There is not complete overlap between an orthodox definition of open banking and the capabilities of crypto. As Nic Carter argues, unlike open banking, crypto and DeFi do “not seek to link multiple financial databases through either private sector agreement or state mandate, but instead envision[] an entirely novel financial system where a global userbase is united on one database—the ledger maintained by the blockchain.” Nonetheless, as sketched above, they drive toward similar goals.
When it comes to realizing these goals, it is worth looking at why it is regulation that has lagged private innovation. In the U.S., at least, consumer access to financial data typically has had more to do with the latter than the former. For instance, in an example of market‐driven standardization, in 1997, software rivals Microsoft, Intuit, and CheckFree created a file format (OFX) for streaming financial information from banks to consumer desktop tools “before ‘open banking’ was even a term.” Banks in the U.S. went along based on consumer demand but became wary as their position as data gatekeepers eroded. Nonetheless, technology continued to lead the way as fintechs leveraged screen scraping software to collect data from financial institutions when consumers shared their login credentials with the fintechs.
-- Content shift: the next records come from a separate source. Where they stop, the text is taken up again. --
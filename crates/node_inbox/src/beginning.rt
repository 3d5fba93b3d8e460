//! Where an inbox begins.
ghost use Rattle.std.specs.Prelude.{◌≡◌, ◌<◌, ◌∷◌, [], true, List, IfOk, OnOk, get_or, length, map};
ghost use Rattle.contract_store.specs.Rows.{created};
ghost use Rattle.contract_store.specs.Written.{Placed, written};
ghost use Rattle.framed_form.specs.FramedReading.{framed_reading};
ghost use Rattle.inbox_registry.specs.Changes.{creation_of};
ghost use Rattle.prepare_request.specs.Hosted.{AreTold};

use crate::added_ids::{added_ids, put_ids};
use confirm_reply::Setup;
use inbox_registry::{Change, Registry};
use ledger_terms::{ActiveRow, ActiveRowList, Exact, Hash, HashList, Known, ParticipantId};
use prepare_request::HostedIds;
use prepare_request::laws::ids_tell_after_each_change;
use std::alloc::{AllocError, Global};

/// Where an inbox begins: its base, the time of the entry before that, in microseconds, the contracts that were active there, in order
/// of creation, and the ids of the others that requests below it were on, ascending.
#[derive(Drop)]
pub struct Beginning {
    pub base: u64,
    pub base_time: u64,
    pub active: ActiveRowList,
    pub gone: HashList,
}

// The creation of a contract, and nothing else.
fn creation(alloc: Global, known: Known) -> Result<Vec<Change>, AllocError>
    ensures { IfOk result (λ changes. changes.items ≡ record { known = known; is_create = true } ∷ []) }
{
    let mut changes = Vec::new(alloc);
    changes.push(Change {
        known,
        is_create: true,
    })?;
    Ok(changes)
}

// The contract of a row was created at its place.
fn write_created(
    setup: &Setup,
    me: ParticipantId,
    hosted: &mut HostedIds,
    registry: &mut Registry,
    row: ActiveRow,
) -> Result<(), AllocError>
    requires told { AreTold (framed_reading setup.now.topology setup.now.checked) me hosted.old.ids registry.old.store.rows }
    requires written { (ps : List Placed) × (registry.old.store.rows ≡ written ps []) }
    ensures told { OnOk result (AreTold (framed_reading setup.now.topology setup.now.checked) me hosted.new.ids registry.new.store.rows) }
    ensures rows { OnOk result (registry.new.store.rows ≡ created row.known row.created_at registry.old.store.rows) }
    ensures holds { registry.new.store.holds ≡ registry.old.store.holds }
    ensures tracking { registry.new.tracking ≡ registry.old.tracking }
    ensures start { registry.new.start ≡ registry.old.start }
{
    let alloc = *registry.start().active().allocator();
    let ActiveRow { created_at, known } = row;
    let changes = creation(alloc, known)?;
    let (ids, _) = added_ids(alloc, setup, me, registry.store(), changes.as_slice())?;
    hosted.reserve(ids.as_slice().len())?;
    registry.make_room(&changes)?;
    ids_tell_after_each_change();
    put_ids(hosted, &ids);
    registry.write(created_at, changes);
    Ok(())
}

fn copy_of(row: &ActiveRow) -> Result<ActiveRow, AllocError>
    ensures { IfOk result (λ copy. copy ≡ row.now) }
{
    let known = row.known.copied()?;
    Ok(ActiveRow {
        created_at: row.created_at,
        known,
    })
}

fn copy_at(rows: &[ActiveRow], at: usize) -> Result<ActiveRow, AllocError>
    requires { at < length rows.now }
    ensures { IfOk result (λ copy. copy ≡ get_or rows.now at copy) }
{
    let row = &rows[at];
    let copy = copy_of(row)?;
    Ok(copy)
}

fn rows_copy(alloc: Global, rows: &[ActiveRow]) -> Result<ActiveRowList, AllocError>
    ensures { IfOk result (λ copy. copy ≡ rows.now) }
{
    let mut copy = ActiveRowList::with_room(alloc, rows.len())?;
    for row in rows {
        copy.push(copy_of(row)?)?;
    }
    Ok(copy)
}

fn ids_copy(alloc: Global, ids: &[Hash]) -> Result<HashList, AllocError>
    ensures { IfOk result (λ copy. copy ≡ ids.now) }
{
    let mut copy = HashList::with_room(alloc, ids.len())?;
    for id in ids {
        copy.push(*id)?;
    }
    Ok(copy)
}

impl Beginning {
    /// A beginning at this base, with the time of the entry before it in microseconds, and with copies of the contracts that were active there and of
    /// the ids of those that are gone.
    pub fn with_copies(
        alloc: Global,
        base: u64,
        base_time: u64,
        active: &[ActiveRow],
        gone: &[Hash],
    ) -> Result<Beginning, AllocError>
        ensures base { IfOk result (λ beginning. beginning.base ≡ base) }
        ensures base_time { IfOk result (λ beginning. beginning.base_time ≡ base_time) }
        ensures active { IfOk result (λ beginning. beginning.active ≡ active.now) }
        ensures gone { IfOk result (λ beginning. beginning.gone ≡ gone.now) }
    {
        let active = rows_copy(alloc, active)?;
        let gone = ids_copy(alloc, gone)?;
        Ok(Beginning {
            base,
            base_time,
            active,
            gone,
        })
    }
}

// How many contracts were active at the base.
fn start_len(registry: &Registry) -> usize
    ensures { result ≡ length registry.now.start.active }
{
    registry.start().active().len()
}

fn start_row(registry: &Registry, at: usize) -> Result<ActiveRow, AllocError>
    requires { at < length registry.now.start.active }
    ensures { IfOk result (λ row. row ≡ get_or registry.now.start.active at row) }
{
    copy_at(registry.start().active().as_slice(), at)
}

/// Writes the contracts that were active at the base into the store of the registry, as the Creates that made them, and the ids of those with a
/// stakeholder hosted by `me` into `hosted`. After want of memory some of them may be missing.
pub fn write_start(
    setup: &Setup,
    me: ParticipantId,
    hosted: &mut HostedIds,
    registry: &mut Registry,
) -> Result<(), AllocError>
    requires told { AreTold (framed_reading setup.now.topology setup.now.checked) me hosted.old.ids registry.old.store.rows }
    requires none { registry.old.store.rows ≡ [] }
    ensures told { OnOk result (AreTold (framed_reading setup.now.topology setup.now.checked) me hosted.new.ids registry.new.store.rows) }
    ensures rows { OnOk result (registry.new.store.rows ≡ written (map creation_of registry.old.start.active) []) }
    ensures holds { registry.new.store.holds ≡ registry.old.store.holds }
    ensures tracking { registry.new.tracking ≡ registry.old.tracking }
    ensures start { registry.new.start ≡ registry.old.start }
{
    let count = start_len(registry);
    'rows: for at in 0..count {
        let row = start_row(registry, at)?;
        write_created(setup, me, hosted, registry, row)?;
    }
    Ok(())
}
With Dodd‐Frank Section 1033’s regulatory hook, however, a bootleggers and Baptists alliance of banks and consumer advocates has objected to such tactics on consumer privacy and cybersecurity grounds, with some advocates questioning whether fintechs’ disclosures have been sufficient for consumers to give informed consent to the transfer of their own financial data. While private coordination can help to resolve such frictions, a top‐down approach to driving market outcomes can falter by leading to zero‐sum stakeholder competition that creates inertia or leads to regulatory capture. Director Chopra himself stated the capture problem clearly: “Regulation of the financial services industry has a bad name, and rightfully so. Financial regulators have largely complied with what dominant incumbents desire by writing complicated rules to fit existing business models.”
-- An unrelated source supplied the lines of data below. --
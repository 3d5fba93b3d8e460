//! The places of approved requests.
ghost use Rattle.std.specs.Prelude.{◌≡◌, ◌++◌, ◌+◌, ◌<◌, ◌≤◌, ◌^◌, ℕ, [], if◌then◌else◌, nat_le, OnErr, OnOk};
ghost use Rattle.request_track.specs.Pairs.{outcome_at};
ghost use Rattle.node_inbox.specs.Approved.{is_approved};
ghost use Rattle.node_inbox.specs.Places.{AreKeptIf, place_if, tracked_below};

use crate::applied::is_approved;
use inbox_registry::Registry;
use ledger_terms::U64List;
use std::alloc::{AllocError, Global};

/// The places of all approved requests below the place `below`, ascending.
#[derive(Drop)]
pub struct ApprovedPlaces {
    pub below: u64,
    pub places: U64List,
}

impl ApprovedPlaces {
    /// The places below place 0: there are none.
    pub fn new(alloc: Global) -> ApprovedPlaces
        ensures below { result.below ≡ 0 }
        ensures places { result.places ≡ [] }
    {
        ApprovedPlaces {
            below: 0,
            places: U64List::new(alloc),
        }
    }

    /// The places of an inbox that begins at the base `below` and so has received no request below it: there are none.
    pub fn at(alloc: Global, below: u64) -> ApprovedPlaces
        ensures below { result.below ≡ below }
        ensures places { result.places ≡ [] }
    {
        ApprovedPlaces {
            below,
            places: U64List::new(alloc),
        }
    }

    /// What becomes of these places when a verdict is read. Where `kept` is true, since its request isn't below `below`, they stay as they are. Else
    /// they may be false now and are gathered anew: there are no places then, and `below` is the participant's base, from below which the inbox has
    /// nothing. Takes no memory.
    pub fn keep_if(&mut self, kept: bool, base: u64)
        ensures { AreKeptIf kept base self.old self.new }
    {
        if !kept {
            *self = ApprovedPlaces::at(*self.places.allocator(), base);
        }
    }

    /// These places, where their `below` is at most the place `end`, and else `none`, for which callers give the places below 0 (`new`).
    pub fn not_behind<'a>(&'a self, none: &'a ApprovedPlaces, end: u64) -> &'a ApprovedPlaces
        ensures { result.now ≡ (if nat_le self.now.below end then self.now else none.now) }
    {
        if self.below <= end { self } else { none }
    }

    // Those below the place behind.
    fn pass(&mut self, registry: &Registry, place: u64) -> Result<(), AllocError>
        requires { place + 1 < 2 ^ 64 }
        ensures below { OnOk result (self.new.below ≡ place + 1) }
        ensures places { OnOk result (self.new.places
            ≡ self.old.places ++ place_if (is_approved (outcome_at registry.now.tracking.pairs place)) place) }
        ensures err { OnErr result (self.new ≡ self.old) }
    {
        if is_approved(registry, place) {
            self.places.push(place)?;
        }
        self.below = place + 1;
        Ok(())
    }
}

/// Adds the places of the approved requests from `below` on and below the place `end`, and moves `below` to `end`; it changes nothing where `below`
/// isn't less. After want of memory the places are those that were added until then, and `below` is the place at which memory ran out.
pub fn bring_up(
    approved: &mut ApprovedPlaces,
    registry: &Registry,
    end: u64,
) -> Result<(), AllocError>
    requires { approved.old.places ≡ tracked_below registry.now.tracking.pairs approved.old.below }
    ensures places { approved.new.places ≡ tracked_below registry.now.tracking.pairs approved.new.below }
    ensures within { (n : ℕ) → approved.old.below ≤ n → end ≤ n → approved.new.below ≤ n }
{
    for place in approved.below..end {
        approved.pass(registry, place)?;
    }
    Ok(())
}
When it comes to making progress toward the “decentralized, open ecosystem” of finance that Chopra describes, the Bitcoin whitepaper has outperformed Dodd‐Frank Section 1033 in the past decade plus. As policymakers look to further regulate the crypto ecosystem itself, they should keep top of mind the capacity of private innovation to not only achieve broad policy goals but also to get there before regulations do.